Part 4: Girvan-Newman

Implement the Girvan-Newman algorithm, which works by splitting a graph into relevately dense components. In the version we will use, the number of clusters to be returned is specified as a parameter. The pseudocode is as follows:

  1. while number of connected subgraphs < specified number of clusters and the number of edges in graph > 0:

  2. calculate edge betweenness for every edge in the graph

  3. remove edge(s) with highest betweenness

  4. recalculate connected components

In the case where there are ties for highest betweenness, you should remove all the highest betweenness edges. (This means that the number of connected components you end up with may be higher than the originally specified number. Girvan and Newman suggest two possible approaches: remove all tied edges or remove an edge at random.)

When comparing betweenness values (including determining ties for highest betweenness), use a tolerance of 1e-06 for a fuzzy comparison of doubles.

Reading

We are following the description of the algorithm in: http://www-personal.umich.edu/~mejn/papers/epjb.pdf.

Newman, Mark EJ. "Detecting community structure in networks." The European Physical Journal B-Condensed Matter and Complex Systems 38.2 (2004): 321-330.

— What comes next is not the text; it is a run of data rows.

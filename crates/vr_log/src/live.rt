//! The live units of a log.
ghost use Rattle.std.specs.Prelude.{◌≡◌, ◌<◌, [], ◌∷◌, ◌++◌, length, IfOk, IfSome, IfNone};
ghost use Rattle.std.specs.List.{remove};
ghost use Rattle.vr_log.specs.Live.{is_in, without};

use std::alloc::Global;
use std::marker::Model;
use vr_types::{OutOfMemory, Unit};

/// The units of recovery that are live, the first of them first, in room that was reserved.
#[derive(Drop)]
pub(crate) struct Live {
    units: Vec<Unit>,
}

impl Model for Live {
    ghost use Rattle.vr_log.specs.LiveUnits.{LiveUnits, live_units_of};

    ghost Value = { LiveUnits };

    ghost view = { λ live. live_units_of live.units };
}

impl Live {
    /// None yet, with room for that many.
    pub(crate) fn new(alloc: Global, room: usize) -> Result<Live, OutOfMemory>
        ensures { IfOk result (λ live. live ≡ record { units = []; room = room }) }
    {
        let units = Vec::with_capacity(alloc, room)?;
        Ok(Live { units })
    }

    /// Forgets them all. The room stays.
    pub(crate) fn clear(&mut self)
        ensures { self.new ≡ record self.old { units = [] } }
    {
        self.units.clear();
    }

    /// How many.
    pub(crate) fn len(&self) -> usize
        ensures { result ≡ length self.now.units }
    {
        self.units.len()
    }

    /// Whether the unit is live.
    pub(crate) fn has(&self, unit: Unit) -> bool
        ensures { result ≡ is_in unit self.now.units }
    {
        self.units.iter().any(|other| unit == *other)
    }

    /// Adds a unit at the end.
    pub(crate) fn add(&mut self, unit: Unit)
        requires { length self.old.units < self.old.room }
        ensures units { self.new.units ≡ self.old.units ++ unit ∷ [] }
        ensures room { self.new.room ≡ self.old.room }
    {
        self.units.push_reserved(unit);
    }

    /// Removes a unit, where it is there.
    pub(crate) fn remove(&mut self, unit: Unit)
        ensures units { self.new.units ≡ without unit self.old.units }
        ensures room { self.new.room ≡ self.old.room }
    {
        if let Some(place) = find(&self.units, unit) {
            self.units.remove(place);
        }
    }
}

/// The first place at which the unit is.
fn find(units: &[Unit], unit: Unit) -> Option<usize>
    ensures within { IfSome result (λ place. place < length units.now) }
    ensures found { IfSome result (λ place. remove units.now place ≡ without unit units.now) }
    ensures none { IfNone result (without unit units.now ≡ units.now) }
{
    for (i, other) in units.iter().enumerate() {
        if unit == *other {
            return Some(i);
        }
    }
    None
}
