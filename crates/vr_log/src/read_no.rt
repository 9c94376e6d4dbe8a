//! Why a log could not be read back, or cleared.
ghost use Rattle.std.specs.Prelude.{◌≡◌};
ghost use Rattle.vr_log.specs.declared.read_no.LogReadNo.TheVariants.{Fault, Memory};

use vr_types::{DeviceFault, OutOfMemory};

/// Why a log could not be read back, or blocks past its end not be cleared.
#[derive(Clone, Copy, PartialEq, Eq)]
pub enum LogReadNo {
    /// The blocks spell no log: the first of them that is misspelled.
    Damaged { block: u32 },
    /// A fault of the device.
    Fault(DeviceFault),
    /// Out of memory for the records, or for the zeros of a block.
    Memory,
}

impl From<DeviceFault> for LogReadNo {
    ghost from_gives = { λ fault no. no ≡ Fault fault };

    fn from(fault: DeviceFault) -> LogReadNo {
        LogReadNo::Fault(fault)
    }
}

impl From<OutOfMemory> for LogReadNo {
    ghost from_gives = { λ _ no. no ≡ Memory };

    fn from(_error: OutOfMemory) -> LogReadNo {
        LogReadNo::Memory
    }
}
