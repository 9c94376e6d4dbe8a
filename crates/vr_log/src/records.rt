//! The records of a log, read off its bytes.
ghost use Rattle.std.specs.Prelude.{◌≡◌, ◌<◌, ◌≤◌, [], length, IfOk, OnOk, IfSome};
ghost use Rattle.vr_log.specs.Decoding.{IsStep, AreRead};

use crate::content::LogContent;
use crate::decoding::{Found, read_record};
use std::alloc::Global;
use vr_types::OutOfMemory;

/// What was read off bytes: a record of that many of them, which was added to the content, the end
/// of the records, or bytes that are misspelled.
#[derive(Clone, Copy)]
pub(crate) enum Step {
    Added(usize),
    Ended,
    Stopped,
}

/// Adds all records of the bytes to the content. Where some are misspelled, it answers from which
/// byte on.
pub(crate) fn read_records(
    alloc: Global,
    bytes: &[u8],
    content: &mut LogContent,
) -> Result<Option<usize>, OutOfMemory>
    requires { content.old.records ≡ [] }
    ensures read { IfOk result (AreRead bytes.now content.new.records) }
    ensures generation { OnOk result (content.new.generation ≡ content.old.generation) }
    ensures within { IfOk result (λ stop. IfSome stop (λ at. at ≤ length bytes.now)) }
{
    let mut at = 0;
    loop {
        match read_next(alloc, &bytes[at..], content)? {
            Step::Added(count) => at += count,
            Step::Ended => return Ok(None),
            Step::Stopped => return Ok(Some(at)),
        }
    }
}

/// Adds the record that the bytes begin with.
fn read_next(alloc: Global, bytes: &[u8], content: &mut LogContent) -> Result<Step, OutOfMemory>
    ensures step { IfOk result (IsStep bytes.now content.old content.new) }
    ensures generation { content.new.generation ≡ content.old.generation }
{
    match read_record(alloc, bytes)? {
        Found::Whole { rec, count } => {
            content.push(rec)?;
            Ok(Step::Added(count))
        }
        Found::Cut => Ok(Step::Ended),
        Found::Misspelled => Ok(Step::Stopped),
    }
}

The original paper is: https://arxiv.org/pdf/cond-mat/0308217.pdf

Newman, Mark EJ, and Michelle Girvan. "Finding and evaluating community structure in networks." Physical review E 69.2 (2004): 026113.

Starred Tick

In the implementation of Girvan-Newman for the tick, the number of clusters is specified in advance. However, this is a problem if we have no idea of the correct number of clusters. To take this into account, you can implement a 'goodness of clustering' called modularity which is described in Newman (2004, page 6). This is equivalent to calculating the complete dendrogram and then choosing the level with the best modularity (see the slides).

Each time we create a cluster in the network, the modularity of the clustering is calculated and we store the components found at that stage. We run the Girvan-Newman code to completion (i.e. to the point where there are no edges and every node is separate), and then take the set of components associated with the highest modularity.